People are always trying to find a specific relationship between things in their daily lives. For example, is there a relationship between smoking and longevity? Will education level affect income level? For problems like this, correlation analysis is a commonly used statistical method to explore the relationship between variables.
In daily analysis work, we often encounter analysis of the correlation between continuous variables (numerical values). The most commonly used statistical method is Pearson’s c The correlation coefficient (r) is between -1 and 1; the closer the absolute value is to 1, the stronger the correlation. The positive and negative means the positive correlation and the negative correlation. In addition, there are Spearman’s correlation coefficient and Kendall’s correlation coefficient. These two correlation coefficient application conditions are different; here, I focus on Pearson’s correlation coefficient.

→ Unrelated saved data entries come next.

/// The columns with their values where they have a match among others, or else where they have none.
fn met(
    alloc: Global,
    wanted: bool,
    matching: &Matching,
    others: &[Column],
    columns: &[Column],
    len: u32,
) -> Result<Vec<Column>, OutOfMemory>
    ensures { IfOk result (λ v. v.items ≡ met wanted matching.now len others.now columns.now) }
{
    let places = places_of(alloc, matching, others)?;
    let mut found = Vec::with_capacity(alloc, columns.len())?;
    let mut near = 0;
    for column in columns {
        let key = matching_key(matching, &column.labels)?;
        let (matches, at) = partners(alloc, &key, &places, near, others)?;
        found.push(met_column(alloc, wanted, column, &matches, len)?)?;
        near = at;
    }
    Ok(found)
}

/// Some columns, and others behind them.
fn with_more(columns: Vec<Column>, more: Vec<Column>) -> Result<Vec<Column>, OutOfMemory>
    ensures { IfOk result (λ v. v.items ≡ columns.items ++ more.items) }
{
    let mut found = columns;
    for column in more {
        found.push(column)?;
    }
    Ok(found)
}

/// The columns of `and`, `or` and `unless`.
fn set_columns(
    alloc: Global,
    sign: Sign,
    matching: &Matching,
    lefts: Vec<Column>,
    rights: &[Column],
    len: u32,
) -> Result<Vec<Column>, OutOfMemory>
    ensures { IfOk result (λ v. v.items ≡ set_columns sign matching.now len lefts.items rights.now) }
{
    match sign {
        Sign::And => met(alloc, true, matching, rights, &lefts, len),
        Sign::Unless => met(alloc, false, matching, rights, &lefts, len),
        Sign::Or => {
            let more = met(alloc, false, matching, &lefts, rights, len)?;
            with_more(lefts, more)
        }
        _ => Ok(Vec::new(alloc)),
    }
}

fn labels_of(alloc: Global, columns: &[Column]) -> Result<Vec<Labels>, OutOfMemory>
    ensures { IfOk result (λ v. v.items ≡ columns_labels columns.now) }
{
    let mut found = Vec::with_capacity(alloc, columns.len())?;
    for column in columns {
        found.push(column.labels.clone()?)?;
    }
    Ok(found)
}

/// Whether the keys of the left columns and the places of the right ones' keys, and the labels of the pairs, show alone that no
/// step has an error of matching.
fn are_single(
    alloc: Global,
    side: Side,
    keys: Vec<Labels>,
    places: &KeyPlaces,
    pairs: &[Column],
) -> Result<bool, OutOfMemory>
    ensures { IfOk result (λ b. b ≡ are_apart side keys.items (map key_of places.now) (columns_labels pairs.now)) }
{
    match side {
        Side::One => {
            if places.has_equal() {
                return Ok(false);
            }
            Ok(!has_equal(keys)?)
        }
        Side::Left => {
            if places.has_equal() {
                return Ok(false);
            }
            let labels = labels_of(alloc, pairs)?;
            Ok(!has_equal(labels)?)
        }
        Side::Right => {
            if has_equal(keys)? {
                return Ok(false);
            }
            let labels = labels_of(alloc, pairs)?;
            Ok(!has_equal(labels)?)
        }
    }
}

/// The error of an operator at a step.
fn join_kind(
    alloc: Global,
    op: BinaryOp,
    matching: &Matching,
    left: StepCell,
    right: StepCell,
) -> Result<Option<ErrorKind>, OutOfMemory>
    requires { list_all is_label_name matching.now.include ≡ true }
    ensures { IfOk result (λ o. o ≡ kind_of (operation op matching.now (of_cell left) (of_cell right))) }
{
    match (left, right) {
        (StepCell::Bad(kind), _) => Ok(Some(kind)),
        (StepCell::Good(_), StepCell::Bad(kind)) => Ok(Some(kind)),
        (StepCell::Good(left), StepCell::Good(right)) => {
            match join(alloc, op, matching, &left, &right)? {
                StepCell::Bad(kind) => Ok(Some(kind)),
                StepCell::Good(_) => Ok(None),
            }
        }
    }
}

/// The errors of an operator, from each step's elements.
fn join_kinds(
    alloc: Global,
    op: BinaryOp,
    matching: &Matching,
    left: &StepCells,
    right: &StepCells,
    len: u32,
) -> Result<Vec<Option<ErrorKind>>, OutOfMemory>
    requires { list_all is_label_name matching.now.include ≡ true }
    ensures { IfOk result (λ v. v.items ≡ below (λ k. kind_of (operation op matching.now (of_cell (step_at left.now k)) (of_cell (step_at right.now k)))) len) }
{
    let mut found = Vec::new(alloc);
    for i in 0..len {
        let kind = join_kind(
            alloc,
            op,
            matching,
            left.step(alloc, i)?,
            right.step(alloc, i)?,
        )?;
        found.push(kind)?;
    }
    Ok(found)
}

/// The errors of arithmetic or a comparison, whose columns are these.
fn pair_bads(
    alloc: Global,
    op: BinaryOp,
    matching: &Matching,
    left: StepCells,
    right: StepCells,
    keys: Vec<Labels>,
    places: &KeyPlaces,
    pairs: &[Column],
    len: u32,
) -> Result<Vec<Option<ErrorKind>>, OutOfMemory>
    requires named { list_all is_label_name matching.now.include ≡ true }
    requires paired { is_set_sign op.sign ≡ false }
    requires keys { keys.items ≡ column_keys matching.now left.columns }
    requires places { places.now ≡ isort place_cmp (placed 0 (column_keys matching.now right.columns)) }
    requires pairs { pairs.now ≡ zipped op matching.now len left.columns right.columns }
    ensures { IfOk result (λ v. (k : ℕ) → k < len → of_cell (unless_bad (bad_in v.items k) (cell_of (cell_at pairs.now k))) ≡ operation op matching.now (of_cell (step_at left k)) (of_cell (step_at right k))) }
{
    if are_single(alloc, matching.side, keys, places, pairs)? {
        let found = first_bads(alloc, left.bads, right.bads, len)?;
        return Ok(found);
    }
    let found = join_kinds(alloc, op, matching, &left, &right, len)?;
    Ok(found)
}

fn is_set_sign(sign: Sign) -> bool
    ensures { result ≡ is_set_sign sign }
{
    matches!(sign, Sign::And | Sign::Or | Sign::Unless)
}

In this case, I will use Alteryx to calculate the correlations between IOWA liquor sales data (https://data.iowa.gov/Sales-Distribution/Iowa-Liquor-Sales/m3tr-qhgy) and IOWA demographic data(https://www.iowa-demographics.com/); and then visualize the correlations in tableau
Two methods to explore and demonstrate the correlations
- Graphical observation method: determine whether there is a certain correlation between the two by plotting a scatter diagram
- Scientific calculation method: by calculating the correlation coefficient r
Alteryx workflow to prepare the data
- Join the above-mentioned dataset together
2. Use the joined dataset as input and connect it to the Pearson correlation Tool to calculate the correlation coefficient; Here, I also add an optional normalization step before the calculation. To normalize the dataset, I use python code and Sklearn Package to achieve it
3. Restructure the dataset for the best visualization practice. I output two dataset structures, and one is the narrow data for making the heatmap, another one is a wide table to make the scatter plot
4. Demonstrate the correlation in the tableau by heatmap and scatter plot.
5. Summary: By observing the color of the heat map, we can quickly determine that there are two strong positive correlations, one positive correlation is between liquid sales and the black population，another one is between liquid sales and population with age female 20-40 years old.